- _WHAT THIS TASK INVOLVES_: Copy out every line of the data where the word "command" is found.

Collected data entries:

******************************

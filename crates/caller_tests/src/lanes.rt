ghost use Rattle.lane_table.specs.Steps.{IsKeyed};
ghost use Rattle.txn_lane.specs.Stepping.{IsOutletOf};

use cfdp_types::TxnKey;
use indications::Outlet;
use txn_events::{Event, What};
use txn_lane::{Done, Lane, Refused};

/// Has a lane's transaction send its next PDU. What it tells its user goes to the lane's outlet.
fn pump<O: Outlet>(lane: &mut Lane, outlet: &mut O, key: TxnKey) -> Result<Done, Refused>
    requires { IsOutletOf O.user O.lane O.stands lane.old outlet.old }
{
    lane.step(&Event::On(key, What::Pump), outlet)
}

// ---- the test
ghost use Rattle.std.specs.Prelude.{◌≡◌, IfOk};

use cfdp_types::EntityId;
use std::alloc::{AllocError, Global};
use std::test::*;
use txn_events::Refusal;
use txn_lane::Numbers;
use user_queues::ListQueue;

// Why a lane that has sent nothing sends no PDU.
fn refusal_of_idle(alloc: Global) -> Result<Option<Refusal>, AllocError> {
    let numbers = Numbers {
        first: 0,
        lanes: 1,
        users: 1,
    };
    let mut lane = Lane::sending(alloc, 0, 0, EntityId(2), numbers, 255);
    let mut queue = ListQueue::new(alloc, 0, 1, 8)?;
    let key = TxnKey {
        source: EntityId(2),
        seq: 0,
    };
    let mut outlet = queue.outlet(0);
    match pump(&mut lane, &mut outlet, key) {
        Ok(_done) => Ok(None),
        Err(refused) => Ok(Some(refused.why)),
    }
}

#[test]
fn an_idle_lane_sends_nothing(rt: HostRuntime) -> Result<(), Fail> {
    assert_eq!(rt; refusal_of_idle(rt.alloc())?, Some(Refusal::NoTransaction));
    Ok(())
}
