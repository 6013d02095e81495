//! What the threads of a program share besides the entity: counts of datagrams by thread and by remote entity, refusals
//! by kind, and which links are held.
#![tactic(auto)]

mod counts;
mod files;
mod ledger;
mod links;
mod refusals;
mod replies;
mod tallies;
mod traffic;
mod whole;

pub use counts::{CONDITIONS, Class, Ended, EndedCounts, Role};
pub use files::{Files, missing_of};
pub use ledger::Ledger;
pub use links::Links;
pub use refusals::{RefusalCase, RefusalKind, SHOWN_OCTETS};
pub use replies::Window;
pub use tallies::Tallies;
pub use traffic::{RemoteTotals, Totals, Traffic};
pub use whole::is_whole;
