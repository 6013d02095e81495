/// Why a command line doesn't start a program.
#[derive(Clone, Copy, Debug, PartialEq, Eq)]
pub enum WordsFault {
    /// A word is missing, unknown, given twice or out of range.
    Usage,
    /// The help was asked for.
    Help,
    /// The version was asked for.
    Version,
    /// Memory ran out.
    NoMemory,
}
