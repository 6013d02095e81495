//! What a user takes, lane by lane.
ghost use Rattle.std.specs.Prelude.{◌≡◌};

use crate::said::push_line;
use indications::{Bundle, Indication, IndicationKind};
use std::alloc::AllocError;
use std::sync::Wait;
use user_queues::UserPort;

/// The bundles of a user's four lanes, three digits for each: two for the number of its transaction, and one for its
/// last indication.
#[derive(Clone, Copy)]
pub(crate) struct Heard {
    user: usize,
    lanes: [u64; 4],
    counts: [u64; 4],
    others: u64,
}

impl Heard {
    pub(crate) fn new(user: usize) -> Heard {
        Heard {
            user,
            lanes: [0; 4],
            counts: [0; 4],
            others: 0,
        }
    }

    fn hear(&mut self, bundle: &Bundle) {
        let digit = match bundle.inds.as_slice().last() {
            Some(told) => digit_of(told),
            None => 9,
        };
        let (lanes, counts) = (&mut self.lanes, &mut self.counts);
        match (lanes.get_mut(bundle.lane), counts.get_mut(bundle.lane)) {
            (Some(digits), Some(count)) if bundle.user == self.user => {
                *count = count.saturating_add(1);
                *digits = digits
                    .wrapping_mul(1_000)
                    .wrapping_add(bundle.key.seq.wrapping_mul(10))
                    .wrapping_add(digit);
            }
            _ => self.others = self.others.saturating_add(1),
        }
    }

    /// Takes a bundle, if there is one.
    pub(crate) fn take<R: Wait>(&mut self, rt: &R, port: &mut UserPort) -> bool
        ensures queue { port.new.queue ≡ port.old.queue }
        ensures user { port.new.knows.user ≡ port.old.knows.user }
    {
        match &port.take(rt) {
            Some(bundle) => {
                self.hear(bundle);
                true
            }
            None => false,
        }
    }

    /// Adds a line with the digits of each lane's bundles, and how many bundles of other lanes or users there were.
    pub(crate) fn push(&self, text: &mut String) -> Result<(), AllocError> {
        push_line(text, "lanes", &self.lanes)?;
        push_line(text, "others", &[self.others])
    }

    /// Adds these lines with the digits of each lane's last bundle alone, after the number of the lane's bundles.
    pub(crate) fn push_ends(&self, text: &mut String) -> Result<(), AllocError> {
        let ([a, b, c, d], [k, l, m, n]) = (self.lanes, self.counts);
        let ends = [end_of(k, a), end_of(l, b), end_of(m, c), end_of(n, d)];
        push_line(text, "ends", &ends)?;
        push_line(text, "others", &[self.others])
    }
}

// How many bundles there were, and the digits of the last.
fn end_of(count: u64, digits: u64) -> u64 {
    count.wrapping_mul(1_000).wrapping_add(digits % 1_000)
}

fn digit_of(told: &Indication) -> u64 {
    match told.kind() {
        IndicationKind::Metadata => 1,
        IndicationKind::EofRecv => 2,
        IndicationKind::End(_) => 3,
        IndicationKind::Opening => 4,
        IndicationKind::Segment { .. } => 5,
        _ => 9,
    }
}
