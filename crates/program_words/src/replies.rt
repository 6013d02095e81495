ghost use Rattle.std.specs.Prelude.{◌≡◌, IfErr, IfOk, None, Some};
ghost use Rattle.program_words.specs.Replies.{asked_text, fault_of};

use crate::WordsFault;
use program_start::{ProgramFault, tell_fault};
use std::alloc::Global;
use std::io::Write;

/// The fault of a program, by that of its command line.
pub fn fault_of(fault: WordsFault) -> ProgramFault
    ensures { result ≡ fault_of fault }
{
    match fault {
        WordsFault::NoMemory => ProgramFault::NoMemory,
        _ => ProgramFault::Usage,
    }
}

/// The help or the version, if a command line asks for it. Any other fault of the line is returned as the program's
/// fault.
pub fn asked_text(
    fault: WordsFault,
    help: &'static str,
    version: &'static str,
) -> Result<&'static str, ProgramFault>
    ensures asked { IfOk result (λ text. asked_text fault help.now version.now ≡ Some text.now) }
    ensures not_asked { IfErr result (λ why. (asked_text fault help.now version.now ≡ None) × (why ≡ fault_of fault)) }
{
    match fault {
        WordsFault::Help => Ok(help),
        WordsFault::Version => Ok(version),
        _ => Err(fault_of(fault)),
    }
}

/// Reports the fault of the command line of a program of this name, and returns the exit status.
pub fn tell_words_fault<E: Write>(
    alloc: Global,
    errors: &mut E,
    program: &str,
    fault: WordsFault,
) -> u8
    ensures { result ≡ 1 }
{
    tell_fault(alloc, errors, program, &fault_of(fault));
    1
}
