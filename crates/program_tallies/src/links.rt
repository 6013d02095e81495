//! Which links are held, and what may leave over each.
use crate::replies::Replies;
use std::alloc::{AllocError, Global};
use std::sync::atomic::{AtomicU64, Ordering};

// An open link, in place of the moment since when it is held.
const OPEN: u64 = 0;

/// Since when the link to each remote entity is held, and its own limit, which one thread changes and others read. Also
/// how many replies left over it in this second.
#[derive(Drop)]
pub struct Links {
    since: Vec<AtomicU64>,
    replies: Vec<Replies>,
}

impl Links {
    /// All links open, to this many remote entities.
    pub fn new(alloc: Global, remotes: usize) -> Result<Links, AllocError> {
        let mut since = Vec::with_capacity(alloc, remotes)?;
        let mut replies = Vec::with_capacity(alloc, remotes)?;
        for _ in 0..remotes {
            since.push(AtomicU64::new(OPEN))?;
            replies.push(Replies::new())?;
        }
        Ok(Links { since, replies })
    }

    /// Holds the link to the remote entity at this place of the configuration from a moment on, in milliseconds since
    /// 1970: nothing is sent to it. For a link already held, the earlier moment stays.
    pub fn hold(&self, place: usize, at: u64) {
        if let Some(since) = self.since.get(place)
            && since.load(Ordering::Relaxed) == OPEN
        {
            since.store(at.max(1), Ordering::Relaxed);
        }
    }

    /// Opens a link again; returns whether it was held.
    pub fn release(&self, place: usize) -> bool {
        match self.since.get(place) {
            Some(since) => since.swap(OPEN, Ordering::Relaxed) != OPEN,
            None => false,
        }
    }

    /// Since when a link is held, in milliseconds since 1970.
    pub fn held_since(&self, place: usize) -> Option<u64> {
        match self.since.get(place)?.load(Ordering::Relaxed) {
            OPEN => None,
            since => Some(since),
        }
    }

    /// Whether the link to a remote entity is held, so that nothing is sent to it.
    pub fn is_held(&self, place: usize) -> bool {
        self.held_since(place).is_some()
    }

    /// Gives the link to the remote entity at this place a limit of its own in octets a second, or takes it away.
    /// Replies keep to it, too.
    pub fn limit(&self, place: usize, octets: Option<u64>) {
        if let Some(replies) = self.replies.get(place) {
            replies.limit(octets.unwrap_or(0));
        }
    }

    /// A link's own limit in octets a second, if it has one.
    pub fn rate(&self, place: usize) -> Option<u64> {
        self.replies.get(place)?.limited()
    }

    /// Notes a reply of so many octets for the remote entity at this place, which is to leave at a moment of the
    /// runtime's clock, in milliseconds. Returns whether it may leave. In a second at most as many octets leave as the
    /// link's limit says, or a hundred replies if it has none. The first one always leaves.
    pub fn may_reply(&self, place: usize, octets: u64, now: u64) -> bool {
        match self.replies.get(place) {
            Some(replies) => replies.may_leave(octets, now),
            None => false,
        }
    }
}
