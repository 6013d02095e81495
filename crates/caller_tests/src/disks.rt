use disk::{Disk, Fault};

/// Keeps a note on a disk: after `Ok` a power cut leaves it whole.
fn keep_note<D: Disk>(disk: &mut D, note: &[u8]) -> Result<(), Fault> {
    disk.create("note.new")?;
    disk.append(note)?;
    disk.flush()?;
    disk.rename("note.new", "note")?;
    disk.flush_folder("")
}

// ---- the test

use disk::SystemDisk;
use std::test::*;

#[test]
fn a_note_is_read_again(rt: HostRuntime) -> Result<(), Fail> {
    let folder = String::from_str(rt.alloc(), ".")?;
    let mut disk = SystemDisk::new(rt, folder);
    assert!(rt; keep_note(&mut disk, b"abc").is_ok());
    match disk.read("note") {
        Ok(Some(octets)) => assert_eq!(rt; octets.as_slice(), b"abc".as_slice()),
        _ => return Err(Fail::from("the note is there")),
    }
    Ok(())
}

******************************

- _TASK RESULT_:
/// Why a command line doesn't start a program.
/// The fault of a program, by that of its command line.
/// The help or the version, if a command line asks for it. Any other fault of the line is returned as the program's
/// Reports the fault of the command line of a program of this name, and returns the exit status.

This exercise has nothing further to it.